The Struggle to Unionize Within LA’s Biggest Charter Chain | The Nation

The Struggle to Unionize Within LA’s Biggest Charter Chain | The Nation:
The Struggle to Unionize Within LA’s Biggest Charter Chain
And the lengths that Alliance College-Ready Public Schools will go to stop it.


 Last spring, seventy teachers announced their plans to form a union at Los Angeles’s largest charter school chain, Alliance College-Ready Public Schools.The news could not have come at a worse time for the city’s business community, led by the Broad Foundation, whose unprecedented plan to make the district 50 percent charter was leaked a few months later. Alliance College-Ready, led by the Broad Foundation’s former managing director, was to be at the center of these plans.
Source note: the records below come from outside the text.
// Handing texts over. Of standard output the writes are promised, and where its writer's contents are known, these. Each byte that is handed over is also taken into a number,
// the mark, which contracts name: of standard error it is all that is promised.
// The programs have no exit status of their own: a write to standard output that fails is said on standard error.
ghost use Rattle.std.specs.Prelude.{◌≡◌, false, [], length};
ghost use Rattle.streams.specs.Input.{Within};
ghost use Rattle.streams.specs.Output.{no_marks, Hands, Keeps};
ghost use Rattle.streams.specs.declared.output.Stream.TheVariants.{Stdout};

use crate::failure::tell;
use crate::input::{read_all, read_argument};
use crate::mark::mark_on;
use crate::sink::Sink;
use std::io::{Read, Write};
use std::rt::{Env, Files};

#[derive(Clone, Copy)]
pub enum Stream {
    Stdout,
    Stderr,
}

// The marks of all that was handed to each stream.
#[derive(Clone, Copy)]
pub struct Marks {
    pub stdout: u64,
    pub stderr: u64,
}

// What was handed over in all, and whether a write to standard output failed: what came after it was not written there. The marks count either way, so it is no Result.
#[derive(Clone, Copy)]
pub struct Handed {
    pub marks: Marks,
    pub has_failed: bool,
}

// A program's two writers, and what was handed to them.
pub struct Console<'a, W, E> {
    output: &'a mut W,
    errors: &'a mut E,
    handed: Handed,
}

impl<'a, W: Sink, E: Write> Console<'a, W, E> {
    pub fn new(output: &'a mut W, errors: &'a mut E) -> Console<'a, W, E>
        ensures handed { result.handed ≡ record { marks = no_marks; has_failed = false } }
        ensures same { result.output.ghost_name ≡ output.entry.ghost_name }
        ensures holds { result.output.now ≡ output.old }
    {
        Console {
            output,
            errors,
            handed: Handed {
                marks: Marks {
                    stdout: 1,
                    stderr: 1,
                },
                has_failed: false,
            },
        }
    }

    // Reads an input to its end. What is told of a read that fails is no text of the program's and has no part in the marks.
    pub fn read_all<R: Read>(
        &mut self,
        input: &mut R,
        name: &[u8],
        bytes: &mut [u8],
    ) -> Option<usize>
        ensures within { Within result (length bytes.old) }
        ensures kept { Keeps self.old self.new }
        ensures told { Hands W.Sink self.old self.new Stdout [] }
    {
        read_all(input, self.errors, name, bytes)
    }

    // Reads the file that argument i names.
    pub fn read_argument<R: Files + Env>(
        &mut self,
        rt: &R,
        i: usize,
        bytes: &mut [u8],
    ) -> Option<usize>
        ensures within { Within result (length bytes.old) }
        ensures kept { Keeps self.old self.new }
        ensures told { Hands W.Sink self.old self.new Stdout [] }
    {
        read_argument(rt, self.errors, i, bytes)
    }

    // Hands a text to standard output, unless a write has failed before, so that what arrives is the front of the whole.
    fn print(&mut self, text: &[u8])
        ensures { Hands W.Sink self.old self.new Stdout text.now }
    {
        self.handed.marks.stdout = mark_on(self.handed.marks.stdout, text);
        if self.handed.has_failed {
            return;
        }
        if let Err(error) = self.output.put(text) {
            self.handed.has_failed = true;
            tell(self.errors, b"standard output", error);
        }
    }

    // Hands a text over, after those before it. What cannot be written to standard error can be told nowhere.
    pub fn hand(&mut self, to: Stream, text: &[u8])
        ensures { Hands W.Sink self.old self.new to text.now }
    {
        match to {
            Stream::Stdout => self.print(text),
            Stream::Stderr => {
                self.handed.marks.stderr = mark_on(self.handed.marks.stderr, text);
                let _ = self.errors.write_all(text);
            }
        }
    }

    // Hands over no more.
    pub fn end(self) -> Handed
        ensures handed { result ≡ self.entry.handed }
        ensures holds { self.exit.0.now ≡ self.entry.output.now }
    {
        let Console {
            output: _,
            errors: _,
            handed: all,
        } = self;
        all
    }
}
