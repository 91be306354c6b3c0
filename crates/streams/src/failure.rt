// A read or a write that failed, told on standard error.
ghost use Rattle.std.specs.Prelude.{◌≤◌, length};

use std::fmt::Display;
use std::io;
use std::io::{Cursor, Error, Write};

// Writes a value's text to the front of `text`, and gives its length.
fn put<D: Display + Drop>(text: &mut [u8], value: D) -> usize
    ensures { result ≤ length text.new }
{
    let mut cursor = Cursor::new(&mut *text);
    let _ = write!(cursor, "{value}");
    let end = cursor.position() as usize;
    end.min(text.len())
}

// The system's reason stands in an error's text before its number. Fixed arrays here and below: the project has no heap, and a text that is longer is cut.
fn put_reason(text: &mut [u8], error: Error) -> usize
    ensures { result ≤ length text.new }
{
    let end = put(text, error);
    match error.raw_os_error() {
        Some(code) => {
            let mut number = [0u8; 32];
            end.saturating_sub(put(&mut number, format_args!(" (os error {code})")))
        }
        None => end,
    }
}

// Writes one line: the name of what failed, a colon and the reason. If that fails too, it can be told nowhere.
pub(crate) fn tell<E: Write>(errors: &mut E, name: &[u8], error: Error) {
    let mut text = [0u8; 512];
    let end = put_reason(&mut text, error);
    let _ = write_line(errors, name, &text[..end]);
}

fn write_line<E: Write>(errors: &mut E, name: &[u8], reason: &[u8]) -> io::Result<()> {
    errors.write_all(name)?;
    errors.write_all(b": ")?;
    errors.write_all(reason)?;
    errors.write_all(b"\n")
}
A union breakthrough into the city’s largest charter operator, just as this 260 charter school expansion was supposed to begin, however, would fundamentally undermine the Los Angeles boosters’ union-free vision for the nation’s largest ever charter school district.
Almost immediately after the announcement, Alliance’s private management organization began crafting plans to counter the campaign. Only a month after the drive launched last spring, an internal memo was leaked, advising administrators on how to discourage staff from unionization, noting candidly, “the goal is no unionization”. 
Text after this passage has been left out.